Each day, I receive some new piece of learning about my work as a writer and Life Coach. This is when I revisit my core principle of being clear about what I want and where I’m heading. The deeper I delve into these areas, the more powerful the results.

At every moment, we’re creating our lives. Right now, sitting in this chair, writing, I’m creating my life. Because I know what I want – my own Life Coaching Centre for Writers and Creatives – it gives this moment meaning. I feel a purpose to what I’m doing, taking this time to write about how powerful it is to know where you are heading. So even though it’s just me and my notebook, the moment feels worthy, vital.

I used to look at my current situation, and the relationship I was in, and feel conflicted. Was I with the right person? Why were my friends getting married and having children and I wasn’t? These questions did not feel good. I wasn’t able to answer them. In fact, they could only ever be rhetorical, and the point they were making was not a comfortable one. These moments did not feel worthy!
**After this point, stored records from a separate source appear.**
//! The records of calls, from a list of events of any channels.

ghost use Rattle.std.specs.Prelude.{◌≡◌, ℕ, ◌≤◌, ◌^◌, ◌==◌, ◌&&◌, List, [], ◌∷◌, ◌++◌, Some, false, map, OnOk, IfOk, IfErr, sum};
ghost use Rattle.line_model.specs.declared.event.Event.{Event};
ghost use Rattle.line_model.specs.basics.Records as records;
ghost use Rattle.line_model.specs.observer.Calls.{calls_of, all_lengths};
ghost use Rattle.call_accounts.specs.Counted.{IsCountable};
ghost use Rattle.call_accounts.specs.Places.{AreAdded, AreLeft, IsFound, calls_at, place_of};

use crate::so_far::{CallsSoFar, segments_in};
use line_model::call::CallRecord;
use line_model::event::{Event, What};
use line_model::fault::Fault;
use std::alloc::{AllocError, Allocator};
use std::collections::BTreeMap;
use std::mem::replace;

/// The calls of each channel in each epoch so far: one current place, the others in a map.
#[derive(Drop)]
struct Places<A: Allocator> {
    epoch: u32,
    channel: u16,
    here: CallsSoFar<A>,
    others: BTreeMap<(u32, u16), CallsSoFar<A>, A>,
}

impl<A: Allocator + Clone> Places<A> {
    /// Returns places without events. The place of the first event is current, so the events of one place need no room
    /// in the map.
    fn new(alloc: &A, events: &[Event]) -> Result<Self, AllocError>
        ensures { IfOk result (λ places. AreAdded places []) }
    {
        let (epoch, channel) = match events.first() {
            Some(event) => (event.epoch, event.channel),
            None => (0, 0),
        };
        Ok(Places {
            epoch,
            channel,
            here: CallsSoFar::new(alloc.clone()?),
            others: BTreeMap::new(alloc.clone()?),
        })
    }

    /// Makes (epoch, channel) the current place.
    fn select(&mut self, alloc: &A, epoch: u32, channel: u16) -> Result<(), AllocError>
        ensures current { OnOk result ((self.new.epoch ≡ epoch) × (self.new.channel ≡ channel)) }
        ensures here { OnOk result (IsFound (calls_at self.old epoch channel) self.new.here) }
        ensures others { OnOk result ((e c : ℕ) → (epoch == e && channel == c) ≡ false
            → calls_at self.new e c ≡ calls_at self.old e c) }
    {
        if self.epoch == epoch && self.channel == channel {
            return Ok(());
        }
        let next = match self.others.remove(&(epoch, channel)) {
            Some(calls) => calls,
            None => CallsSoFar::new(alloc.clone()?),
        };
        let here = replace(&mut self.here, next);
        self.others.insert((self.epoch, self.channel), here)?;
        self.epoch = epoch;
        self.channel = channel;
        Ok(())
    }

    /// Adds an event at its place.
    fn add_event(&mut self, alloc: &A, event: &Event) -> Result<(), AllocError>
        ensures { (es : List Event) → AreAdded self.old es → IsCountable (es ++ event.now ∷ [])
            → OnOk result (AreAdded self.new (es ++ event.now ∷ [])) }
    {
        self.select(alloc, event.epoch, event.channel)?;
        self.here.add_event(event, segments_in(event))
    }

    /// Removes and returns the record of the call that was opened last at a place.
    fn pop(
        &mut self,
        alloc: &A,
        epoch: u32,
        channel: u16,
    ) -> Result<Option<CallRecord<A>>, AllocError>
        ensures popped { (cs : List records.CallRecord) (r : records.CallRecord)
            → AreLeft self.old (cs ++ r ∷ []) → r.epoch ≡ epoch → r.channel ≡ channel
            → IfOk result (λ call. call ≡ Some r) }
        ensures left { (cs : List records.CallRecord) (r : records.CallRecord)
            → AreLeft self.old (cs ++ r ∷ []) → r.epoch ≡ epoch → r.channel ≡ channel
            → OnOk result (AreLeft self.new cs) }
    {
        self.select(alloc, epoch, channel)?;
        self.here.pop()
    }
}

/// Returns the records that are left, in the order of `openings`, which has the places of their calls.
fn in_order<A: Allocator + Clone>(
    alloc: &A,
    mut places: Places<A>,
    mut openings: Vec<(u32, u16), A>,
) -> Result<Vec<CallRecord<A>, A>, AllocError>
    ensures { (cs : List records.CallRecord) → AreLeft places cs → openings.items ≡ map place_of cs
        → IfOk result (λ v. v.items ≡ cs) }
{
    let mut calls = Vec::with_capacity(alloc.clone()?, openings.len())?;
    while let Some((epoch, channel)) = openings.pop() {
        if let Some(call) = places.pop(alloc, epoch, channel)? {
            calls.push(call)?;
        }
    }
    calls.reverse();
    Ok(calls)
}

/// Returns the records of the calls that events open, in order (X.25 clause 4; the record is profile). A call ends with
/// the first end after its opening in its epoch and channel. What comes before that end and before the next opening
/// there belongs to it: when it came up, its data packets and their octets by side, segments of 64 octets rounded up,
/// and what the last word on each PAD parameter was. Fails only when memory is refused.
pub fn calls_of<A: Allocator + Clone>(
    alloc: A,
    events: &[Event],
) -> Result<Vec<CallRecord<A>, A>, Fault>
    requires few_octets { sum (all_lengths events.now) ≤ 2 ^ 63 }
    ensures calls { IfOk result (λ v. v.items ≡ calls_of events.now) }
    ensures memory { IfErr result (λ f. f ≡ Fault.Memory) }
{
    let mut places = Places::new(&alloc, events)?;
    let mut openings = Vec::new(alloc.clone()?);
    for event in events {
        places.add_event(&alloc, event)?;
        if let What::Open { .. } = event.what {
            openings.push((event.epoch, event.channel))?;
        }
    }
    Ok(in_order(&alloc, places, openings)?)
}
It used to be the same with my writing. In this case, even though I wanted an agent and a publishing deal, I didn’t believe it would happen, and I certainly couldn’t picture or describe the destination. Rather than being the act of pleasure that writing is now, I would find it an endeavour that brought turmoil.

In both these cases, what was happening was the present moment of my life – being or not being in a relationship, writing or not writing – served a purpose of bringing pain and confusion, rather than vitality. I felt a sense of, ‘what’s the point?’ It was a sad feeling of powerlessness, when I was certain I was worth more.

If we don’t know where we’re going, or we don’t believe we can have what we want, then this is the life we create. Our pursuits will only ever highlight that doubt: why am I doing this if there is not future? We see life as the painful proof that we ‘can’t’: I can’t write, I can’t finish anything, I can’t be with someone in a happy and fulfilling way, I can’t have a life that inspires me.

The principles I now live by a Life Coach and Writer did not arrive one day, so that I woke up and all of this was ‘fixed’. I learnt, over a period of time, the profound difference that knowing what I want and where I’m going make to my life. This means I’ve absolute certainty that if I’m feeling uncomfortable, this isn’t proof my principles don’t work, but that I’ve slipped and lost sight of them.